2011-11-10 21:00:37 | Weblog
シンガポールで数日間過ごしてきた。

今回で2度目だが、いい町だ、と思う。清潔で、便利で、何よりもアジアの料理がたらふく楽しめる。ごみごみして猥雑なムンバイとは正反対なので、数日リラックスするにはもってこいの場所だ。

居心地のいい町ではあるのだが、今回物価の高さには少々驚いた。別にここに居を構えようと思っている訳ではないが、特に住宅物件や家賃が高い。中流の友人たちはみな2ベッドルームのアパートに2500ドル以上払っているという。飲み食いも例外ではなく、屋台のホーカーセンターで食べるのを別にして、そこそこのレストランやバー(高級ではない)で飲みながら食事をすると2人で簡単に100ドルを超えてしまう。僕の好きなジャック・ダニエルズがどこでもシングル一杯で10ドルくらいしていた。

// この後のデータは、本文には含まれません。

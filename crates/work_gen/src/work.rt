// The kinds of workload, and their names.
ghost use Rattle.std.specs.Prelude.{◌≡◌, MatchOption};
ghost use Rattle.work_gen.specs.Names.{work_word};

/// What each transaction of a workload does.
#[derive(Clone, Copy, Debug, PartialEq, Eq)]
pub enum Work {
    /// Adds 1 to one word, which is the same for all cores.
    Counters,
    /// Takes 1 from one of sixteen words and adds it to another.
    Transfers,
    /// Makes a word from itself and the word before it.
    Stencil,
    /// Adds 1 to a word of the core's own, which shares its line with those of other cores.
    Sharing,
}

impl Work {
    /// The name of the kind, in lower case. Takes no memory.
    pub fn word(self) -> &'static str
        ensures { result.now ≡ work_word self }
    {
        match self {
            Work::Counters => "counters",
            Work::Transfers => "transfers",
            Work::Stencil => "stencil",
            Work::Sharing => "sharing",
        }
    }

    /// The kind of that name; None exactly where no kind has it. Takes no memory.
    pub fn named(word: &str) -> Option<Work>
        ensures { MatchOption result ((w : Work) → word.now ≡ work_word w → ⊥) (λ w. word.now ≡ work_word w) }
    {
        match word {
            "counters" => Some(Work::Counters),
            "transfers" => Some(Work::Transfers),
            "stencil" => Some(Work::Stencil),
            "sharing" => Some(Work::Sharing),
            _ => None,
        }
    }
}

そんなわけで、これでは東京のほうが安く住めるなあ、などという印象をもったのだが、まあそれだけシンガポールの経済と市民の購買力が強くなったということの証だろう。表面的なものしか見てはいないが、経済生活の面では、この国はいまだ不況から脱却できずにいる日本をすでに抜いているのではないかと思う。

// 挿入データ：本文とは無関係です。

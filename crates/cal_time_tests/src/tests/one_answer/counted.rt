//! Slices of values that have a number.
ghost use Rattle.std.specs.Prelude.{◌≡◌};

use crate::tests::one_answer::Twice;
use cal_time::Counted;

fn extent<T: Counted>(items: &[T]) -> Twice<Option<(T, T)>>
    ensures { result.0 ≡ result.1 }
{
    twice!(cal_time::extent(items))
}

fn is_rising<T: Counted>(items: &[T]) -> Twice<bool>
    ensures { result.0 ≡ result.1 }
{
    twice!(cal_time::is_rising(items))
}
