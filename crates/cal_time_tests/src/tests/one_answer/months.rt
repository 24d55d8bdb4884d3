//! Months.
ghost use Rattle.std.specs.Prelude.{◌≡◌};

use crate::tests::one_answer::Twice;
use cal_time::Month;
use cal_time::error::{ComponentRange, InvalidVariant};
use std::str::FromStr;

fn try_from(number: u8) -> Twice<Result<Month, ComponentRange>>
    ensures { result.0 ≡ result.1 }
{
    twice!(Month::try_from(number))
}

fn from_str(text: &str) -> Twice<Result<Month, InvalidVariant>>
    ensures { result.0 ≡ result.1 }
{
    twice!(Month::from_str(text))
}

fn previous(month: Month) -> Twice<Month>
    ensures { result.0 ≡ result.1 }
{
    twice!(month.previous())
}

fn next(month: Month) -> Twice<Month>
    ensures { result.0 ≡ result.1 }
{
    twice!(month.next())
}

fn nth_prev(month: Month, n: u8) -> Twice<Month>
    ensures { result.0 ≡ result.1 }
{
    twice!(month.nth_prev(n))
}

fn nth_next(month: Month, n: u8) -> Twice<Month>
    ensures { result.0 ≡ result.1 }
{
    twice!(month.nth_next(n))
}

今年3月、津波の取材で日本に戻ったとき、節電で東京も含めてやたら町が暗かったことを憶えている。(節電はよいことだし、別に暗くて不自由というわけではないのでそれでいいのだけれど)

夜のシンガポール、入江のあたりを歩いた。まばゆい照明に照らされた建物や橋を眺めながら、ちょうど僕が写真の勉強のためアメリカへと発つ直前、1980年代後半のきらびやかな東京を思い出していた。